The phishing messages used a classic social engineering technique in the attempt to trick victims into providing their information to avoid the permanent suspension of their email accounts. The phishing attacks are also targeting Ukrainian citizens, as reported by the State Service of Special Communications and Information Protection of Ukraine (SSSCIP).

 

Social Media Hijacking Malware Spreading Through Gaming Apps on Microsoft Store

  •  Attack Type: SEO Poisoning, Click Fraud, Malware Implant
  • Objective: Bot Activity, Payload Delivery
  • Target Industry: Multiple
  • Target Technology: Microsoft Windows
  • Target Geography: Sweden, Bulgaria, Russia, Bermuda, and Spain
  • Business Impact: Data Loss

A new malware capable of controlling social media accounts is being distributed through Microsoft’s official app store in the form of trojanized gaming apps, infecting more than 5,000 Windows machines.
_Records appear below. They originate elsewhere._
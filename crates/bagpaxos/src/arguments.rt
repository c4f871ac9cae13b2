//! What the program's arguments ask for.

use crate::run_arguments::{RunTask, run_command, run_task};
use audit_command::{AuditTask, audit_command, audit_task};
use catch_up::{CatchUpTask, catch_up_command, catch_up_task};
use clap::error::ErrorKind;
use clap::{ArgMatches, Command, Error};
use deposit_list::{DepositsTask, deposits_task};
use folder_checks::{CheckTask, check_command, check_task};
use ledger_commands::{
    JournalTask, LedgerTask, journal_command, journal_task, ledger_command, ledger_task,
};
use site_commands::{
    MembersTask, SendTask, SiteTask, members_command, members_task, send_command, send_task,
    site_command, site_task,
};
use status_command::{StatusTask, status_command, status_task};
use std::alloc::{AllocError, Global};

const ABOUT: &str = "Several repositories, each with copies of one collection, agree which bag is a
version of an object, with no master site.";

const EXAMPLE: &str =
    "`bagpaxos help codes` lists the numbers and words that it prints, and what each
means.

Example:
  bagpaxos run < examples/first.schedule";

/// The program's version, and the layouts of bytes that it reads.
const VERSION: &str = "0.1.0
cells: layouts 1 and 2
datagrams: layout 2";

/// What the program is asked to do.
#[derive(Debug, Drop)]
pub enum Task<'a> {
    /// Run a schedule.
    Run(RunTask<'a>),
    /// Check folders.
    Check(CheckTask<'a>),
    /// Serve as a site.
    Site(SiteTask<'a>),
    /// Ask a site that serves.
    Send(SendTask<'a>),
    /// Send the deposits of a file to a site that serves.
    Deposits(DepositsTask<'a>),
    /// Print what a cell says.
    Journal(JournalTask<'a>),
    /// Say what cells prove together.
    Audit(AuditTask<'a>),
    /// Bring a site up to date.
    CatchUp(CatchUpTask<'a>),
    /// Read a members file, or write one.
    Members(MembersTask<'a>),
    /// Say how all sites stand.
    Status(StatusTask<'a>),
    /// Print what a cell says of each version.
    Ledger(LedgerTask<'a>),
}

/// What these words ask for; the first is the program's own name. Help is an error of clap's that
/// goes to standard output, with status 0.
pub fn task_of(alloc: Global, words: &[String]) -> Result<Option<Task<'_>>, Error> {
    let matches = matches_of(alloc, words)?;
    let task = task_in(alloc, &matches)?;
    match mistake_in(alloc, &task)? {
        Some(mistake) => Err(refusal(alloc, mistake.as_str())?),
        None => Ok(task),
    }
}

fn matches_of<'a>(alloc: Global, words: &'a [String]) -> Result<ArgMatches<'a>, Error> {
    command(alloc)?.try_get_matches_from(words)
}

// What clap doesn't see of a mistake.
fn mistake_in(alloc: Global, task: &Option<Task>) -> Result<Option<String>, AllocError> {
    match task {
        Some(Task::Check(check)) => text_of(alloc, check.mistake()),
        Some(Task::Send(send)) => text_of(alloc, send.mistake()),
        Some(Task::Site(site)) => site.mistake(alloc),
        Some(Task::Members(members)) => members.mistake(alloc),
        _ => Ok(None),
    }
}

fn text_of(alloc: Global, mistake: Option<&str>) -> Result<Option<String>, AllocError> {
    match mistake {
        Some(mistake) => Ok(Some(String::from_str(alloc, mistake)?)),
        None => Ok(None),
    }
}

fn refusal(alloc: Global, mistake: &str) -> Result<Error, AllocError> {
    command(alloc)?.error(ErrorKind::ValueValidation, mistake)
}

fn task_in<'a>(alloc: Global, matches: &ArgMatches<'a>) -> Result<Option<Task<'a>>, AllocError> {
    if let Some(check) = matches.subcommand_matches("check") {
        return Ok(Some(Task::Check(check_task(alloc, check)?)));
    }
    if let Some(audit) = matches.subcommand_matches("audit") {
        return match audit_task(alloc, audit)? {
            Some(task) => Ok(Some(Task::Audit(task))),
            None => Ok(None),
        };
    }
    if let Some(catch_up) = matches.subcommand_matches("catch-up") {
        return match catch_up_task(alloc, catch_up)? {
            Some(task) => Ok(Some(Task::CatchUp(task))),
            None => Ok(None),
        };
    }
    if let Some(status) = matches.subcommand_matches("status") {
        return match status_task(alloc, status)? {
            Some(task) => Ok(Some(Task::Status(task))),
            None => Ok(None),
        };
    }
    if let Some(members) = matches.subcommand_matches("members") {
        return Ok(Some(Task::Members(members_task(alloc, members)?)));
    }
    Ok(other_task_in(matches))
}

fn other_task_in<'a>(matches: &ArgMatches<'a>) -> Option<Task<'a>> {
    if let Some(run) = matches.subcommand_matches("run") {
        return Some(Task::Run(run_task(run)));
    }
    if let Some(site) = matches.subcommand_matches("site") {
        return match site_task(site) {
            Some(task) => Some(Task::Site(task)),
            None => None,
        };
    }
    if let Some(send) = matches.subcommand_matches("send") {
        return send_task_in(send);
    }
    cell_task_in(matches)
}

fn send_task_in<'a>(send: &ArgMatches<'a>) -> Option<Task<'a>> {
    if let Some(task) = deposits_task(send) {
        return Some(Task::Deposits(task));
    }
    match send_task(send) {
        Some(task) => Some(Task::Send(task)),
        None => None,
    }
}

fn cell_task_in<'a>(matches: &ArgMatches<'a>) -> Option<Task<'a>> {
    if let Some(ledger) = matches.subcommand_matches("ledger") {
        return match ledger_task(ledger) {
            Some(task) => Some(Task::Ledger(task)),
            None => None,
        };
    }
    match journal_task(matches.subcommand_matches("journal")?) {
        Some(task) => Some(Task::Journal(task)),
        None => None,
    }
}

// Each part is added in a call of its own, since it is costly to prove that a command is carried
// past a `?`.
fn command<'a>(alloc: Global) -> Result<Command<'a>, AllocError> {
    let command = with_subcommand(Ok(program(alloc)), audit_command(alloc));
    let command = with_subcommand(command, catch_up_command(alloc));
    let command = with_subcommand(command, check_command(alloc));
    let command = with_subcommand(command, journal_command(alloc));
    let command = with_subcommand(command, ledger_command(alloc));
    let command = with_subcommand(command, members_command(alloc));
    let command = with_subcommand(command, run_command(alloc));
    let command = with_subcommand(command, send_command(alloc));
    let command = with_subcommand(command, site_command(alloc));
    with_subcommand(command, status_command(alloc))
}

fn program<'a>(alloc: Global) -> Command<'a> {
    Command::new(alloc, "bagpaxos")
        .about(ABOUT)
        .after_help(EXAMPLE)
        .version(VERSION)
        .subcommand_required(true)
}

fn with_subcommand<'a>(
    command: Result<Command<'a>, AllocError>,
    subcommand: Result<Command<'a>, AllocError>,
) -> Result<Command<'a>, AllocError> {
    command?.subcommand(subcommand?)
}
Cybersecurity researchers dubbed the malware “Electron Bot,” in reference to a command-&-control (C2) domain used in recent campaigns. The identity of the attackers is not known, but evidence suggests that they could be based out of Bulgaria.

Electron Bot is a modular SEO poisoning malware, which is used for social media promotion and click fraud. It is mainly distributed via the Microsoft store platform and dropped from dozens of infected applications, mostly games, which are constantly uploaded by attackers.

The malware is said to have undergone numerous iterations that equip it with new features and evasive capabilities. In addition to using the cross-platform Electron framework, the bot is designed to load payloads fetched from the C2 server at run time, making it difficult to detect. This enables the attackers to modify the malware’s payload and change the bots’ behavior at any given time.

Electron Bot’s core functionality is to open a hidden browser window in order to carry out SEO poisoning, generate clicks for ads, direct traffic to content hosted on YouTube and SoundCloud, and promote specific products to generate profits with ad clicking or increase store rating for higher sales.

As the bot’s payload is loaded dynamically at every run time, the attackers can modify the code and change its behavior to high risk. For example, they can initialize another second stage and drop a new malware such as ransomware or a RAT. All of this can happen without the victim’s knowledge.

 

Actively Exploited Flaws in Zabbix Network Monitoring Platform

  • Attack Type: Vulnerabilities & Exploits
  • Target Technology: Network Monitoring Platform (Zabbix)
  • Vulnerability: CVE-2022-23131 (CVSS score: 9.8) and CVE-2022-23134 (CVSS score: 5.3)
  • Vulnerability Type: Privilege Escalation

The U.S. Cybersecurity and Infrastructure Security Agency (CISA) has warned of active exploitation of two security flaws impacting Zabbix open-source enterprise monitoring platform, adding them to its Known Exploited Vulnerabilities Catalog. The flaws could lead to the compromise of complete networks, enabling a malicious unauthenticated actor to escalate privileges and gain admin access to the Zabbix Frontend as well as make configuration changes. Zabbix Web Frontend versions up to and including 5.4.8, 5.0.18, and 4.0.36 are affected. The issues have since been addressed in versions 5.4.9, 5.0.9, and 4.0.37.

Both the flaws are the result of what the company calls “unsafe session storage,” allowing attackers to bypass authentication and execute arbitrary code. It is, however, worth pointing out that the flaws only impact instances where Security Assertion Markup Language (SAML) Single sign-on (SSO) authentication is enabled.